Dilsiz R., Devres Y. O.

International Conference on Numerical Analysis and Applied Mathematics, Psalidi, Greece, 16 - 20 September 2008, vol.1048, pp.855-858 identifier

  • Publication Type: Conference Paper / Full Text
  • Volume: 1048
  • City: Psalidi
  • Country: Greece
  • Page Numbers: pp.855-858
  • Istanbul Technical University Affiliated: Yes


In literature, both analytical and numerical solutions to the time-dependent multi-dimensional heat transfer problem can be found. Unfortunately, in order to apply these solution methods, fundamentals of differential equations and numerical analysis methods must be well known.
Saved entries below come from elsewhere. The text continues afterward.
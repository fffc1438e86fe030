use parcel::Parcel;
use std::marker::Model;

/// What a core keeps of a core. Of itself it keeps its least tick alone.
#[derive(Drop)]
pub(crate) struct Peer {
    /// How many parcels were posted to it.
    pub posted: u64,
    /// How many parcels were taken from it.
    pub taken: u64,
    /// The parcel that is still to be posted to it.
    pub owed: Option<Parcel>,
    /// Of another core, the least tick in the parcel that was taken last; of itself, the least of which it knew as it made its parcels
    /// last. None where there is none.
    pub least: Option<u64>,
}

impl Model for Peer {
    ghost use Rattle.core_loop.specs.CoreView.{PeerView};

    ghost Value = { PeerView };

    ghost view = { λ p. record { posted = p.posted; taken = p.taken; owed = p.owed; least = p.least } };
}
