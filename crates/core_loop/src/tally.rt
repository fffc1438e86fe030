ghost use Rattle.std.specs.Prelude.{◌≡◌};
ghost use Rattle.core_loop.specs.TallyView.{added};

use std::marker::Model;

/// How many cores have come to their end, with how many windows and visits. Each number stops at 2^64 - 1.
#[derive(Debug, Drop)]
pub struct Tally {
    cores: u64,
    windows: u64,
    visits: u64,
}

impl Model for Tally {
    ghost use Rattle.core_loop.specs.TallyView.{TallyView};

    ghost Value = { TallyView };

    ghost view = { λ t. record { cores = t.cores; windows = t.windows; visits = t.visits } };
}

impl Tally {
    /// No core yet.
    pub fn new() -> Tally
        ensures { result ≡ record { cores = 0; windows = 0; visits = 0 } }
    {
        Tally {
            cores: 0,
            windows: 0,
            visits: 0,
        }
    }

    /// One core more, with its windows and visits.
    pub(crate) fn add_core(&mut self, windows: u64, visits: u64)
        ensures { self.new ≡ added self.old 1 windows visits }
    {
        self.cores = self.cores.saturating_add(1);
        self.windows = self.windows.saturating_add(windows);
        self.visits = self.visits.saturating_add(visits);
    }
}
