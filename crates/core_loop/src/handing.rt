//! What comes of notes: what a core takes in, and what it hands out between two windows.

ghost use Rattle.std.specs.Prelude.{◌≡◌, ◌≢◌, ℕ, ◌+◌, ◌-◌, ◌^◌, ◌<◌, [], List, length, map, filter, slice_index_or, All, AllPairs, IfOk, OnOk, OnErr};
ghost use Rattle.parcel.specs.Parcels.{note_packet};
ghost use Rattle.core_loop.specs.WorldState.{CoreStands};
ghost use Rattle.core_loop.specs.Trading.{IsLeastBy};
ghost use Rattle.core_loop.specs.Handing.{TakesNote, TakesNotes, CanTake, CanTakeAll, SameButHeap, earlier_of, is_told_arrival, is_told_settle, IsToldTick, notes_for, sent_with, IsToHandOut, IsToSettle, parts_view, SameWindows, SameNumbers, AreHanded};

use crate::entrants::Entrants;
use crate::peer::Peer;
use crate::told::Told;
use crate::work::Work;
use mn_base::{Due, NoMemory};
use parcel::{Note, Parcel};
use std::alloc::Global;
use std::mem;

/// Takes in a note for this core: what arrives is due, and what is settled is settled.
fn take_note(work: &mut Work, entrants: &mut Entrants, note: Note) -> Result<(), NoMemory>
    requires { CanTake note work.old.heap entrants.old }
    ensures taken { OnOk result (TakesNote note work.old.heap entrants.old work.new.heap entrants.new) }
    ensures same { SameButHeap work.old work.new }
{
    match note {
        Note::Arrive { packet, hop, tick } => work.insert(Due { tick, packet, hop }),
        Note::Settle { packet, fate } => {
            entrants.settle(packet, fate);
            Ok(())
        }
    }
}

/// Takes in notes for this core, in turn.
pub(crate) fn take_notes(
    work: &mut Work,
    entrants: &mut Entrants,
    notes: &[Note],
) -> Result<(), NoMemory>
    requires { CanTakeAll notes.now work.old.heap entrants.old }
    ensures taken { OnOk result (TakesNotes notes.now work.old.heap entrants.old work.new.heap entrants.new) }
    ensures same { SameButHeap work.old work.new }
{
    for note in notes {
        take_note(work, entrants, *note)?;
    }
    Ok(())
}

/// Hands out what is told: settles what is for this core, and makes the parcels of the round for the others.
pub(crate) fn hand_out(
    alloc: Global,
    work: &mut Work,
    entrants: &mut Entrants,
    peers: &mut Vec<Peer>,
) -> Result<(), NoMemory>
    requires ready { IsToHandOut work.old peers.old.items }
    requires settled { (bytes : List (List ℕ)) × IsToSettle bytes work.old entrants.old }
    ensures stands { OnOk result ((bytes : List (List ℕ)) → IsToSettle bytes work.old entrants.old
        → CoreStands bytes (parts_view work.new entrants.new peers.new.items)) }
    ensures none_told { OnOk result (work.new.told ≡ []) }
    ensures same { SameWindows work.old work.new }
    ensures numbers { SameNumbers peers.old.items peers.new.items }
{
    let number = work.number();
    let told = work.take_told(alloc);
    let mut notes = sort_out(alloc, peers.len(), &told)?;
    let sent = sum_up(&told, number);
    work.reuse(told);
    work.count_sent(sent.arrivals, sent.settles);
    let least = earlier(work.least(), sent.least);
    let own = mem::replace(&mut notes[number as usize], Vec::new(alloc));
    take_notes(work, entrants, &own)?;
    make_parcels(alloc, peers, number, notes, least);
    Ok(())
}

/// The notes for each core, a list for each.
fn sort_out(alloc: Global, cores: usize, told: &[Told]) -> Result<Vec<Vec<Note>>, NoMemory>
    requires { All (λ t. t.receiver < cores) told.now }
    ensures count { IfOk result (λ lists. length lists.items ≡ cores) }
    ensures each { IfOk result (λ lists. (core : ℕ) → core < cores
        → slice_index_or (map (λ list. list.items) lists.items) core [] ≡ notes_for told.now core) }
{
    let mut notes = no_notes(alloc, cores)?;
    for each in told {
        notes[each.receiver as usize].push(each.note)?;
    }
    Ok(notes)
}

/// A list without a note for each core.
fn no_notes(alloc: Global, cores: usize) -> Result<Vec<Vec<Note>>, NoMemory>
    ensures count { IfOk result (λ lists. length lists.items ≡ cores) }
    ensures empty { IfOk result (λ lists. (core : ℕ) → slice_index_or (map (λ list. list.items) lists.items) core [] ≡ []) }
{
    let mut notes = Vec::with_capacity(alloc, cores)?;
    for _core in 0..cores {
        notes.push(Vec::new(alloc))?;
    }
    Ok(notes)
}

/// What notes to other cores come to.
#[derive(Clone, Copy)]
pub(crate) struct Sent {
    pub arrivals: u64,
    pub settles: u64,
    /// The least tick of a visit of which they tell.
    pub least: Option<u64>,
}

impl Sent {
    /// The same with one more note.
    fn and(self, note: Note) -> Sent
        requires arrivals { self.arrivals < 2 ^ 64 - 1 }
        requires settles { self.settles < 2 ^ 64 - 1 }
        ensures { result ≡ sent_with self note }
    {
        let mut sent = self;
        match note {
            Note::Arrive { tick, .. } => {
                sent.arrivals += 1;
                sent.least = earlier(sent.least, Some(tick));
            }
            Note::Settle { .. } => sent.settles += 1,
        }
        sent
    }
}

/// What the notes to other cores come to.
fn sum_up(told: &[Told], number: u32) -> Sent
    ensures arrivals { result.arrivals ≡ length (filter (is_told_arrival number) told.now) }
    ensures settles { result.settles ≡ length (filter (is_told_settle number) told.now) }
    ensures least { IsLeastBy (IsToldTick number told.now) result.least }
{
    let mut sent = Sent {
        arrivals: 0,
        settles: 0,
        least: None,
    };
    for each in told {
        if each.receiver != number {
            sent = sent.and(each.note);
        }
    }
    sent
}

/// Makes the parcels of the round of these notes, a list for each core.
fn make_parcels(
    alloc: Global,
    peers: &mut Vec<Peer>,
    number: u32,
    notes: Vec<Vec<Note>>,
    least: Option<u64>,
)
    requires count { length notes.items ≡ length peers.old.items }
    requires apart { (other : ℕ) → other < length peers.old.items → other ≢ number
        → AllPairs (λ a b. a ≢ b) (map note_packet (slice_index_or (map (λ list. list.items) notes.items) other [])) }
    ensures { AreHanded number (map (λ list. list.items) notes.items) least peers.old.items peers.new.items }
{
    let mut notes = notes;
    for other in 0..peers.len() {
        let list = mem::replace(&mut notes[other], Vec::new(alloc));
        if other == number as usize {
            peers[other].least = least;
        } else {
            peers[other].owed = Some(Parcel::in_order(list, least));
        }
    }
}

/// The earlier of two ticks, of which each may be none.
pub(crate) fn earlier(a: Option<u64>, b: Option<u64>) -> Option<u64>
    ensures { result ≡ earlier_of a b }
{
    match (a, b) {
        (Some(a), Some(b)) => Some(a.min(b)),
        (Some(a), None) => Some(a),
        (None, b) => b,
    }
}
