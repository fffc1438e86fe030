ghost use Rattle.std.specs.Prelude.{◌≡◌, ℕ, ◌++◌, ◌∷◌, [], List, length, IfOk, OnOk};
ghost use Rattle.mn_base.specs.declared.limits.TheConstants.{PACKETS_MAX};
ghost use Rattle.journal.specs.declared.visit.Visit.{Visit};
ghost use Rattle.journal.specs.SetupView.{packet_of};
ghost use Rattle.journal.specs.Steps.{visit_of};
ghost use Rattle.core_loop.specs.Work.{HaveRun, ComesTo, IsBelow};
ghost use Rattle.parcel.specs.Counts.{counted};

use journal::steps::{SetupPipe, idle_pipes};
use journal::{PacketPlan, Setup};
use mn_base::{Due, NoMemory};
use parcel::PipeCounts;
use pipe::Step;
use std::alloc::Global;
use std::marker::Model;

/// The pipes of one core, in pipe order, with what became of the visits to each.
///
/// A table has the index of each own pipe, so that a visit finds its pipe at once; a core holds no pipe of another.
#[derive(Drop)]
pub(crate) struct OwnPipes {
    /// At the number of an own pipe, its index among them.
    index_of: Vec<u32>,
    pipes: Vec<SetupPipe>,
    counts: Vec<PipeCounts>,
}

impl Model for OwnPipes {
    ghost use Rattle.core_loop.specs.Work.{OwnPipesView};

    ghost Value = { OwnPipesView };

    ghost use Rattle.core_loop.specs.Work.{AreIndexed};

    ghost view = { λ o. record { pipes = o.pipes.items; counts = o.counts.items } };

    ghost invariant = { λ o. AreIndexed o.index_of.items o.pipes.items o.counts.items };
}

impl OwnPipes {
    /// The pipes that a core owns, before any visit.
    pub(crate) fn idle(alloc: Global, setup: &Setup, core: u32) -> Result<OwnPipes, NoMemory>
        ensures { IfOk result (HaveRun setup.now core []) }
    {
        let owners = setup.parts().owners.as_slice();
        let mut index_of = Vec::with_capacity(alloc, owners.len())?;
        let mut pipes = Vec::new(alloc);
        let mut counts = Vec::new(alloc);
        for pipe in idle_pipes(alloc, setup)? {
            let number = index_of.len();
            index_of.push(pipes.len() as u32)?;
            if owners[number] != core {
                continue;
            }
            pipes.push(pipe)?;
            counts.push(idle_counts(number as u32))?;
        }
        Ok(OwnPipes {
            index_of,
            pipes,
            counts,
        })
    }

    /// How many pipes they are.
    pub(crate) fn len(&self) -> usize
        ensures { result ≡ length self.now.pipes }
    {
        self.pipes.len()
    }

    /// Makes a visit that is due at this own pipe, of the packet with this plan, and counts it.
    pub(crate) fn visit(
        &mut self,
        alloc: Global,
        setup: &Setup,
        due: Due,
        plan: PacketPlan,
        pipe: u32,
    ) -> Result<Step, NoMemory>
        requires comes { (core : ℕ) × (J : List Visit) × ComesTo setup.now core J due pipe self.old }
        requires packet { plan.number ≡ due.packet }
        requires known { packet_of setup.now plan.number ≡ Some plan }
        ensures step { IfOk result (λ step. (core : ℕ) (J : List Visit) → ComesTo setup.now core J due pipe self.old
            → step ≡ (visit_of setup.now J due).step) }
        ensures run { OnOk result ((core : ℕ) (J : List Visit) → ComesTo setup.now core J due pipe self.old
            → HaveRun setup.now core (J ++ visit_of setup.now J due ∷ []) self.new) }
    {
        let index = self.index_of[pipe as usize] as usize;
        let own = &mut self.pipes[index];
        let step = own.decide(alloc, setup, due, plan)?;
        count(&mut self.counts[index], step);
        Ok(step)
    }

    /// What became of the visits to each, at the end.
    pub(crate) fn into_counts(self) -> Vec<PipeCounts>
        ensures { result.items ≡ self.counts }
    {
        let OwnPipes {
            index_of: _,
            pipes: _,
            counts,
        } = self;
        counts
    }
}

/// The counts of a pipe before any visit.
fn idle_counts(pipe: u32) -> PipeCounts
    ensures { result ≡ record { pipe = pipe; passed = 0; lost = 0; full = 0 } }
{
    PipeCounts {
        pipe,
        passed: 0,
        lost: 0,
        full: 0,
    }
}

/// Counts a visit.
fn count(counts: &mut PipeCounts, step: Step)
    requires { IsBelow counts.old PACKETS_MAX }
    ensures { counts.new ≡ counted counts.old step }
{
    match step {
        Step::Lost => counts.lost += 1,
        Step::Full => counts.full += 1,
        Step::Pass { exit: _ } => counts.passed += 1,
    }
}
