ghost use Rattle.std.specs.Prelude.{◌≡◌, ℕ, true, false};
ghost use Rattle.core_loop.specs.WorldState.{IsInStep};
ghost use Rattle.core_loop.specs.Turns.{StandAt, NoCountFalls, HasMoved, StillStands, OwesPost, OwesTake, Owes, HasTradedAll, IsCoreDone, HasEnded, RefusedBetween, IfWaiting, MayFail};
ghost use Rattle.core_loop.specs.Trading.{LeastSays, TurnComesTo};

use crate::handing::earlier;
use crate::one_core::Core;
use crate::round::Round;
use crate::turn::Turn;
use parcel::Ports;
use std::alloc::Global;

/// The turns of a core.
impl<'s> Core<'s> {
    /// One pass for each round over these ports: it posts what is owed where a port takes it, and takes what is there. Where all is posted and taken it
    /// runs the window and goes on with the next round; it ends where a post or take is missing, or all is done. It waits for nothing.
    pub fn turn<P: Ports>(&mut self, alloc: Global, ports: &mut P) -> Turn
        // The ports are of this setup and core, and stand where the core's own counts stand.
        requires { StandAt P.setup P.core P.posted P.taken ports.old self.old }
        ensures keeps { P.keeps ports.old ports.new }
        ensures stand { StandAt P.setup P.core P.posted P.taken ports.new self.new }
        ensures rises { NoCountFalls self.old self.new }
        ensures stands { StillStands self.old self.new }
        ensures in_step { self.new.failed ≡ false → IsInStep self.new }

        // A parcel was posted or taken or a window run, and the core isn't done.
        ensures moved { result ≡ Turn.Moved → HasMoved self.old self.new }
        ensures not_done { result ≡ Turn.Moved → IsCoreDone self.new → ⊥ }

        // Nothing has changed, and each post and take that is still owed was refused in this turn.
        ensures waits { IfWaiting result (λ on. Owes self.old on) }
        ensures same { IfWaiting result (λ on. self.new ≡ self.old) }
        ensures posts { IfWaiting result (λ on. (other : ℕ) → OwesPost self.old other
            → RefusedBetween P.keeps P.busy ports.old other ports.new) }
        ensures takes { IfWaiting result (λ on. (other : ℕ) → OwesTake self.old other
            → RefusedBetween P.keeps P.empty ports.old other ports.new) }

        // Done exactly where the core is done at the turn's end.
        ensures done { result ≡ Turn.Done → IsCoreDone self.new }
        ensures ended { result ≡ Turn.Done → HasEnded self.new }
        ensures is_done { self.new.failed ≡ false → IsCoreDone self.new → result ≡ Turn.Done }

        // Out of memory: the core has failed, and stays so.
        ensures failed { result ≡ Turn.NoMemory → self.new.failed ≡ true }
        ensures no_memory { self.new.failed ≡ true → result ≡ Turn.NoMemory }
        ensures failed_before { self.old.failed ≡ true → (self.new ≡ self.old) × (ports.new ≡ ports.old) }
        ensures may_fail { result ≡ Turn.NoMemory → MayFail self.old self.new }
    {
        if self.failed {
            return Turn::NoMemory;
        }
        match self.trade(alloc, ports) {
            Round::NoMemory => Turn::NoMemory,
            Round::Owing { on, moved } => {
                if moved {
                    return Turn::Moved;
                }
                Turn::Waiting { on }
            }
            Round::Complete => self.go_on(alloc, ports),
        }
    }

    /// Runs the window of the round, whose posts and takes are all made, and goes on with the next rounds until a post or take of one is
    /// missing, or all is done.
    fn go_on<P: Ports>(&mut self, alloc: Global, ports: &mut P) -> Turn
        requires stand { StandAt P.setup P.core P.posted P.taken ports.old self.old }
        requires works { self.old.failed ≡ false }
        requires traded { HasTradedAll self.old }
        ensures keeps { P.keeps ports.old ports.new }
        ensures stand { StandAt P.setup P.core P.posted P.taken ports.new self.new }
        ensures rises { NoCountFalls self.old self.new }
        ensures stands { StillStands self.old self.new }
        ensures comes { TurnComesTo self.old result self.new }
    {
        loop {
            let Some(start) = self.least() else {
                return Turn::Done;
            };
            let Ok(()) = self.run_window(alloc, start) else {
                return Turn::NoMemory;
            };
            match self.trade(alloc, ports) {
                Round::NoMemory => return Turn::NoMemory,
                Round::Owing { on: _, moved: _ } => return Turn::Moved,
                Round::Complete => {}
            }
        }
    }

    /// The least of the least ticks of all cores; none where all are none. Where all posts and takes of the round are made, the next
    /// window starts there.
    fn least(&self) -> Option<u64>
        requires works { self.now.failed ≡ false }
        requires traded { HasTradedAll self.now }
        ensures { LeastSays self.now result }
    {
        let mut least = None;
        for peer in &self.peers {
            least = earlier(least, peer.least);
        }
        least
    }
}
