ghost use Rattle.std.specs.Prelude.{◌≡◌, false, None};
ghost use Rattle.core_loop.specs.Trading.{and_trade, both_swept};

use crate::turn::PortName;

/// What comes of the posts and takes of a round.
pub(crate) enum Round {
    /// All are made.
    Complete,
    /// This one is still to be made, and its port refused; `moved` says whether any was made.
    Owing { on: PortName, moved: bool },
    NoMemory,
}

/// What comes of the posts, or the takes, of a round.
#[derive(Clone, Copy)]
pub(crate) struct Sweep {
    /// Some were made.
    pub moved: bool,
    /// The first core whose port refused.
    pub refused: Option<u32>,
}

/// What comes of one post or take.
pub(crate) enum Trade {
    /// It was made before.
    Past,
    Made,
    Refused,
}

impl Sweep {
    /// Nothing is made or refused yet.
    pub(crate) fn begin() -> Sweep
        ensures { result ≡ record { moved = false; refused = None } }
    {
        Sweep {
            moved: false,
            refused: None,
        }
    }

    /// The same with one more post or take.
    pub(crate) fn and(self, trade: Trade, other: u32) -> Sweep
        ensures { result ≡ and_trade self trade other }
    {
        match trade {
            Trade::Past => self,
            Trade::Made => Sweep {
                moved: true,
                refused: self.refused,
            },
            Trade::Refused => Sweep {
                moved: self.moved,
                refused: Some(self.refused.unwrap_or(other)),
            },
        }
    }

    /// What these posts and the takes after them make of the round.
    pub(crate) fn and_takes(self, takes: Sweep) -> Round
        ensures { result ≡ both_swept self takes }
    {
        let moved = self.moved || takes.moved;
        if let Some(other) = self.refused {
            return Round::Owing {
                on: PortName::Post(other),
                moved,
            };
        }
        if let Some(other) = takes.refused {
            return Round::Owing {
                on: PortName::Take(other),
                moved,
            };
        }
        Round::Complete
    }
}
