ghost use Rattle.std.specs.Prelude.{◌≡◌, [], length, replicate, IfOk};
ghost use Rattle.std.specs.FinMap as map;
ghost use Rattle.core_loop.specs.Stocked.{AreStores, AreBytesIn};

use journal::Setup;
use mn_base::{Bytes, NoMemory};
use payload_store::Store;
use std::alloc::Global;

/// A store for each core of a setup, in core order: each holds the bytes of the packets that enter there. `bytes` are those of the
/// setup's packets, in their order.
pub fn stock(alloc: Global, setup: &Setup, bytes: Vec<Bytes>) -> Result<Vec<Store>, NoMemory>
    requires { length bytes.items ≡ length setup.now.packets }
    ensures stores { IfOk result (λ stores. AreStores setup.now stores.items) }
    ensures bytes { IfOk result (λ stores. AreBytesIn setup.now stores.items bytes.items) }
{
    let parts = setup.parts();
    let mut stores = empty_stores(alloc, parts.cores)?;
    let mut index = 0;
    for payload in bytes {
        let plan = parts.packets[index];
        index += 1;
        let store = &mut stores[plan.core as usize];
        match store.put(plan.number, payload) {
            Ok(()) => {}
            Err((refused, _payload)) => return Err(refused),
        }
    }
    Ok(stores)
}

/// So many stores that hold nothing.
fn empty_stores(alloc: Global, count: u32) -> Result<Vec<Store>, NoMemory>
    ensures { IfOk result (λ stores. stores.items ≡ replicate count (record { held = map.empty; released = [] })) }
{
    let mut stores = Vec::with_capacity(alloc, count as usize)?;
    for _core in 0..count {
        stores.push(Store::new(alloc))?;
    }
    Ok(stores)
}
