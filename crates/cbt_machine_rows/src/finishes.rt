//! Commits.

use crate::bench::{Bench, MOST_CALLS};
use crate::rows::part;
use crate::values::push_at;
use cbt_attempt::Attempt;
use cbt_base::NoMemory;
use cbt_commit::{Finish, FinishEnd, Phase};

/// Tells the calls of a commit, its end, and what it leaves.
pub fn answer(bench: &mut Bench, told: &mut String, row: &str) -> Result<(), NoMemory> {
    if bench.attempt.sent().is_none() || !knows_stamps(&bench.attempt) {
        return Ok(told.push_str("not begun")?);
    }
    let mut finish = Finish::begin(bench.alloc, &bench.attempt)?;
    let done = commit(bench, told, &mut finish, part(row, "then"));
    drop(finish);
    done
}

// Whether the stamp of each own write is known. A row has at most three of them.
fn knows_stamps(attempt: &Attempt) -> bool {
    for at in 0..3 {
        if let Some((_, own)) = attempt.write_at(at) {
            if own.cas.is_none() {
                return false;
            }
        }
    }
    true
}

fn commit(
    bench: &mut Bench,
    told: &mut String,
    finish: &mut Finish,
    then: &str,
) -> Result<(), NoMemory> {
    drive(bench, finish, then)?;
    bench.push_calls(told)?;
    push_end(told, finish.end())?;
    bench.push_documents(told)
}

// Before each reading of the entry other calls are made.
fn drive(bench: &mut Bench, finish: &mut Finish, then: &str) -> Result<(), NoMemory> {
    for _ in 0..MOST_CALLS {
        if matches!(&finish.phase, Phase::Reading { .. }) {
            bench.make(then)?;
        }
        if !turn(bench, finish)? {
            break;
        }
    }
    Ok(())
}

// Makes the next call; false where it has ended.
fn turn(bench: &mut Bench, finish: &mut Finish) -> Result<bool, NoMemory> {
    match finish.next(bench.alloc)? {
        None => Ok(false),
        Some(step) => {
            finish.learn(bench.call(step)?);
            Ok(true)
        }
    }
}

fn push_end(told: &mut String, end: Option<&FinishEnd>) -> Result<(), NoMemory> {
    match end {
        Some(FinishEnd::Committed { place, complete }) => push_committed(told, *place, *complete),
        Some(FinishEnd::EntryLost { place }) => push_at(told, "entry lost", *place),
        Some(FinishEnd::NotCommitted { place }) => push_at(told, "not committed", *place),
        Some(FinishEnd::Unknown { commit, read }) => push_unknown(told, *commit, *read),
        None => Ok(told.push_str("not ended")?),
    }
}

fn push_committed(told: &mut String, place: u64, complete: bool) -> Result<(), NoMemory> {
    push_at(told, "committed", place)?;
    let rest = if complete { "" } else { ", incomplete" };
    Ok(told.push_str(rest)?)
}

fn push_unknown(told: &mut String, commit: u64, read: u64) -> Result<(), NoMemory> {
    push_at(told, "unknown, commit", commit)?;
    push_at(told, ", reading", read)
}
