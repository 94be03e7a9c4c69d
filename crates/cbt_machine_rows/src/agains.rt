//! Writes over own writes.

ghost use Rattle.std.specs.Prelude.{◌≡◌, IsTrue};
ghost use Rattle.cbt_stage.specs.Rewrites.{needs_call, CanWriteAgain};

use crate::bench::Bench;
use crate::puts::push_end;
use crate::values::{WRITTEN, content, document};
use cbt_attempt::Attempt;
use cbt_base::{DocId, NoMemory};
use cbt_model::OpKind;
use cbt_stage::Again;

/// Tells the call of a write over an own write, its end, and what it leaves.
pub fn answer(bench: &mut Bench, told: &mut String, kind: OpKind) -> Result<(), NoMemory> {
    let doc = document(bench.alloc, "a")?;
    if can_write_again(&bench.attempt, &doc, kind) {
        return begin(bench, told, doc, kind);
    }
    drop(doc);
    Ok(told.push_str("not begun")?)
}

fn begin(bench: &mut Bench, told: &mut String, doc: DocId, kind: OpKind) -> Result<(), NoMemory>
    requires { CanWriteAgain bench.old.attempt doc kind }
{
    match content(bench.alloc, kind, WRITTEN) {
        Ok(content) => {
            let mut again = Again::begin(bench.alloc, &bench.attempt, doc, kind, content)?;
            let done = write_again(bench, told, &mut again);
            drop(again);
            done
        }
        Err(refused) => {
            drop(doc);
            Err(refused)
        }
    }
}

fn write_again(bench: &mut Bench, told: &mut String, again: &mut Again) -> Result<(), NoMemory> {
    turn(bench, again)?;
    bench.push_calls(told)?;
    push_end(told, again.end())?;
    bench.push_documents(told)
}

// Whether the entry was sent, and there is an own write, with its stamp, over which a write of this kind needs
// a call.
fn can_write_again(attempt: &Attempt, doc: &DocId, kind: OpKind) -> bool
    ensures { IsTrue result → CanWriteAgain attempt.now doc.now kind }
{
    let Some(own) = attempt.own(doc) else {
        return false;
    };
    let Some(_cas) = own.cas else {
        return false;
    };
    let Some(_atr) = attempt.sent() else {
        return false;
    };
    needs_call(kind, own.kind)
}

fn needs_call(kind: OpKind, own: OpKind) -> bool
    ensures { result ≡ needs_call kind own }
{
    match (kind, own) {
        (OpKind::Insert, OpKind::Remove) => true,
        (OpKind::Insert, _) | (OpKind::Replace | OpKind::Remove, OpKind::Remove) => false,
        (OpKind::Replace | OpKind::Remove, _) => true,
    }
}

// Makes the one call.
fn turn(bench: &mut Bench, again: &mut Again) -> Result<(), NoMemory> {
    if let Some(step) = again.next(bench.alloc)? {
        again.learn(bench.call(step)?);
    }
    Ok(())
}
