//! Rollbacks.

use crate::bench::{Bench, MOST_CALLS};
use crate::values::push_at;
use cbt_base::NoMemory;
use cbt_rollback::{Undo, UndoEnd};

/// Tells the calls of a rollback, its end, and what it leaves.
pub fn answer(bench: &mut Bench, told: &mut String) -> Result<(), NoMemory> {
    if bench.attempt.sent().is_none() {
        return Ok(told.push_str("not begun")?);
    }
    let mut undo = Undo::begin(bench.alloc, &bench.attempt)?;
    let done = roll_back(bench, told, &mut undo);
    drop(undo);
    done
}

fn roll_back(bench: &mut Bench, told: &mut String, undo: &mut Undo) -> Result<(), NoMemory> {
    for _ in 0..MOST_CALLS {
        if !turn(bench, undo)? {
            break;
        }
    }
    bench.push_calls(told)?;
    push_end(told, undo.end())?;
    bench.push_documents(told)
}

// Makes the next call; false where it has ended.
fn turn(bench: &mut Bench, undo: &mut Undo) -> Result<bool, NoMemory> {
    match undo.next(bench.alloc)? {
        None => Ok(false),
        Some(step) => {
            undo.learn(bench.call(step)?);
            Ok(true)
        }
    }
}

fn push_end(told: &mut String, end: Option<&UndoEnd>) -> Result<(), NoMemory> {
    match end {
        Some(UndoEnd::RolledBack) => Ok(told.push_str("rolled back")?),
        Some(UndoEnd::Incomplete { place }) => push_at(told, "incomplete", *place),
        None => Ok(told.push_str("not ended")?),
    }
}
These subjects are not satisfactorily covered in undergraduate level of engineering education, so that, alternative solutions such as reading values from charts (Heisler charts) are introduced. In this study, foremost problems in using graphic solution which are being followed by almost every textbook of heat transfer are discussed and misreading during application of these charts is highlighted. For this purpose, functions which analytically solve heat transfer equation are developed in numerical analysis tool (MATLAB). Furthermore, programs that will more accurately regenerate the charts of Heisler, with high-precision, which was drawn in 1947 with only one-term of the series expansion, were developed. To solve transient heat transfer problem, separation of variables method is employed for four main geometries (slab, semi-infinite slab, cylinder, and sphere) with three of the boundary conditions. Functions are coded in numerical analysis tool which will solve problems with high precision. In order to improve the access to the functions developed in numerical analysis tool and to have a more user-friendly interface, a web site is coded. By running MATLAB Web Server integrated to an Apache 2.1 HTTPD server with PHP 5.1, results of this study were made available online. A Web page for reading accurate data from Heisler charts was coded and values extracted by that tool were compared to the real values in order to express the errors made during chart reading. Comparison between the results of the functions developed and the examples on the common textbooks of heat transfer education are given. In this comparison, it was concluded that solutions with chart reading have errors up to 20%.